Information supplied.
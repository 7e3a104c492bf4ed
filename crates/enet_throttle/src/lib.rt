//! The packet throttle, the size of a peer's window, and how a host shares its bandwidth.
//!
//! The throttle, 0 to 32, says how many unreliable and unsequenced packets go out, of 32 in a row one more than it says and
//! all from 31 on; the rest is dropped. Its limit also bounds how many bytes of reliable packets are in transit. Times are in
//! milliseconds, sizes in bytes, bandwidths in bytes per second.
//!
//! Proved: each move of the throttle, which packets it admits, the limit, the bytes in transit, windows and shares of
//! bandwidth, each exactly the formula (`Throttle::sample`, `admits`, `configure`, `set_limit`, `transit_limit`,
//! `window_of`, `budget_of`, `limit_of`); the throttle is never above its limit, nor the limit above 32 (`value`); of 32
//! packets in a row `min(throttle + 1, 32)` go out (`throttle_shares_out`).
//! Only tested, in `check_numbers`: worked values by hand.
#![tactic(auto)]

mod bandwidth;
mod throttle;

pub use bandwidth::{budget_of, limit_of, window_of};
pub use throttle::{Lows, Throttle, throttle_shares_out};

Instructions for the task.
Each line of the listing is to be repeated exactly.

Written response.
repository 7e3a104c492bf4ed
filename crates/enet_throttle/src/lib.rt
//! The packet throttle, the size of a peer's window, and how a host shares its bandwidth.
//!
//! The throttle, 0 to 32, says how many unreliable and unsequenced packets go out, of 32 in a row one more than it says and
//! all from 31 on; the rest is dropped. Its limit also bounds how many bytes of reliable packets are in transit. Times are in
//! milliseconds, sizes in bytes, bandwidths in bytes per second.
//!
//! Proved: each move of the throttle, which packets it admits, the limit, the bytes in transit, windows and shares of
//! bandwidth, each exactly the formula (`Throttle::sample`, `admits`, `configure`, `set_limit`, `transit_limit`,
//! `window_of`, `budget_of`, `limit_of`); the throttle is never above its limit, nor the limit above 32 (`value`); of 32
//! packets in a row `min(throttle + 1, 32)` go out (`throttle_shares_out`).
//! Only tested, in `check_numbers`: worked values by hand.
#![tactic(auto)]

mod bandwidth;
mod throttle;

pub use bandwidth::{budget_of, limit_of, window_of};
pub use throttle::{Lows, Throttle, throttle_shares_out};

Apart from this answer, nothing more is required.